One weakness of this cohort is the selection bias which had been recognized. However, the main aim of this study is to explore the associations between maternal exposure and birth defects and other adverse outcomes, and the selection is balanced for maternal exposure and the outcomes since the pregnancy outcome is not known at recruitment. Another weakness of this cohort is the self-administered questionnaire at recruitment, with some data based on participant self-evaluation, including health-related variables. However, the questions are presented in simple language and have been piloted; comparison undertaken with forms completed by healthcare staff have demonstrated high concordance. Furthermore, we have collected many different types of biological samples, but we have not started to analyse these. However, genomic sequencing is planned, and we are keen to incorporate emerging new technologies.
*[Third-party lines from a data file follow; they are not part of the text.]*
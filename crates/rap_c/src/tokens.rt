//! A text's tokens.
ghost use Rattle.std.specs.Prelude.{◌≡◌, ◌≢◌, IfErr, IfOk};
ghost use Rattle.rap_c.specs.Tokens.{ComesOfLexing, ComesOfTokens, IsFilledTokens, IsTokens};
ghost use Rattle.rap_c.specs.Given.{IsRefusal, IsUntouched};

use crate::answer::{Fault, OK, RapAnswer, settle};
use crate::filler::Filler;
use crate::numbers::edition_of;
use crate::reading::{lex, text_of};
use crate::step::RapStep;
use ra_ap_parser::Edition;
use std::alloc::Global;

/// Fills the room with the text's tokens, and with the lexer's messages after them.
fn fill_tokens(
    alloc: Global,
    edition: Edition,
    text: &str,
    steps: &mut [RapStep],
    messages: &mut [u8],
) -> Result<RapAnswer, Fault>
    ensures filled { IfOk result (IsFilledTokens text.now edition steps.old steps.new messages.old messages.new) }
    ensures fault { IfErr result (ComesOfLexing text.now) }
    ensures untouched { IfErr result (λ _. IsUntouched steps.old steps.new messages.old messages.new) }
{
    let lexed = lex(alloc, edition, text)?;
    let mut filler = Filler::new(steps, messages);
    filler.add_tokens(&lexed);
    filler.add_errors_of(&lexed);
    Ok(filler.answer(OK, text.len()))
}

/// Reads the number and the bytes, and fills the room.
fn tokens(
    alloc: Global,
    text: &[u8],
    edition: u32,
    steps: &mut [RapStep],
    messages: &mut [u8],
) -> Result<RapAnswer, Fault>
    ensures filled { IfOk result (IsTokens text.now edition steps.old steps.new messages.old messages.new) }
    ensures fault { IfErr result (ComesOfTokens text.now edition) }
    ensures untouched { IfErr result (λ _. IsUntouched steps.old steps.new messages.old messages.new) }
{
    let edition = edition_of(edition)?;
    let text = text_of(text)?;
    fill_tokens(alloc, edition, text, steps, messages)
}

/// Divides the text into tokens, and fills the slices with a step for each, after which the lexer's messages stand, and
/// with the bytes of the messages. Returns how many of each there are.
#[unsafe(no_mangle)]
pub extern "C" fn rap_tokens(
    alloc: Global,
    text: &[u8],
    edition: u32,
    steps: &mut [RapStep],
    messages: &mut [u8],
) -> RapAnswer
    ensures tokens { result.status ≡ 0 → IsTokens text.now edition steps.old steps.new messages.old messages.new result }
    ensures refused { result.status ≢ 0 → IsRefusal (ComesOfTokens text.now edition) result × IsUntouched steps.old steps.new messages.old messages.new }
{
    settle(tokens(alloc, text, edition, steps, messages))
}
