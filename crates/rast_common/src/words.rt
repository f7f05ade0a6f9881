//! The words of a command line.
ghost use Rattle.rast_common.specs.Words.{IsCommon, IsEdition, texts};

use rap_base::edition::Edition;
use std::rt::Env;
use std::{env, io};

/// What every program tells of itself.
#[derive(Clone, Copy, Debug)]
pub enum Common {
    /// Which words it takes.
    Help,
    /// Its version.
    Version,
}

/// Why words are refused.
#[derive(Clone, Copy, Debug)]
pub enum WrongWords<'a> {
    /// There are too few or too many.
    Number,
    /// A word is none of those that its place takes.
    Word { word: &'a str, place: &'static str },
}

/// What the place of an edition takes.
pub const EDITION: &str = "EDITION (2015, 2018, 2021 or 2024)";

/// The words of the command line without the program's name. The error is out of memory, or that a word is no UTF-8.
pub fn read_words<R: Env + AllocGlobal>(rt: &R) -> io::Result<Vec<String>> {
    let mut args = env::args(rt)?;
    let _program = args.next();
    let mut words = Vec::new(rt.alloc());
    for word in args {
        words.push(word)?;
    }
    Ok(words)
}

/// What a single `--help` or `--version` asks for. `None` for any other words.
pub fn read_common(words: &[String]) -> Option<Common>
    ensures { IsCommon (texts words.now) result }
{
    let [word] = words else {
        return None;
    };
    match word.as_str() {
        "--help" => Some(Common::Help),
        "--version" => Some(Common::Version),
        _ => None,
    }
}

/// Reads the word of an edition.
pub fn read_edition(word: &str) -> Result<Edition, WrongWords<'_>>
    ensures { IsEdition word.now result }
{
    match word.parse::<Edition>() {
        Ok(edition) => Ok(edition),
        Err(_) => Err(WrongWords::Word {
            word,
            place: EDITION,
        }),
    }
}
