//! A step of a tree, in numbers.

/// A node begins.
pub const ENTER: u32 = 0;

/// The newest open node ends.
pub const EXIT: u32 = 1;

/// A token, a leaf of the newest open node.
pub const TOKEN: u32 = 2;

/// A message.
pub const MESSAGE: u32 = 3;

/// A split float of a field access, among steps that make no tree.
pub const SPLIT: u32 = 4;

/// A step: what it is, the kind of its node or its token, the place at which it stands, and its bytes.
///
/// Places and bytes are those of the text. The bytes of a message are those of the messages' slice. Among steps that
/// make no tree, places and bytes count the text's tokens that are no trivia.
#[repr(C)]
#[derive(Clone, Copy, Debug, PartialEq, Eq)]
pub struct RapStep {
    pub what: u32,
    pub kind: u32,
    pub at: usize,
    pub start: usize,
    pub end: usize,
}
In our study, the neonatal outcome at delivery is the final end-point, and no further follow-up of participating mothers and their children is being carried out; this is a weakness when compared to other long-standing birth cohort studies, such as the Danish National Birth Cohort (DNBC) and the Norwegian Mother and Child Cohort Study (MoBa) [14,15,16]. This is due to financial constraints and a study time-line that funders have implemented; it means that longer-term conditions in the infant, that are not evident at birth, may be under-ascertained. Detailed newborn assessment is being undertaken to mitigate this risk. At the same time we plan to expand the scope of disease and health assessment in future to explore the causal relationship between early life exposures and later health status. In addition, we are aiming to extend our work in order to collect additional information about the father, establish a biological sample database, and develop a long term follow-up plan covering the entire life cycle.

The increasing number of birth cohort studies over recent decades has given opportunities for projects to integrate multiple cohorts, such as the Environmental influences on Child Health Outcomes (ECHO) program which contains 84 observational cohorts and the EU Child Cohort Network which contains 19 pregnancy and childhood cohorts [17, 18]. Combining data will make it possible to identify smaller effect estimates, and search for differences in risk factors across countries. This will enable better research into causal understanding and modelling of life course health trajectories. To maximize the benefits of our research, we are already forming links to collaborate with other birth cohort studies, and our data will ultimately be made accessible to other researchers.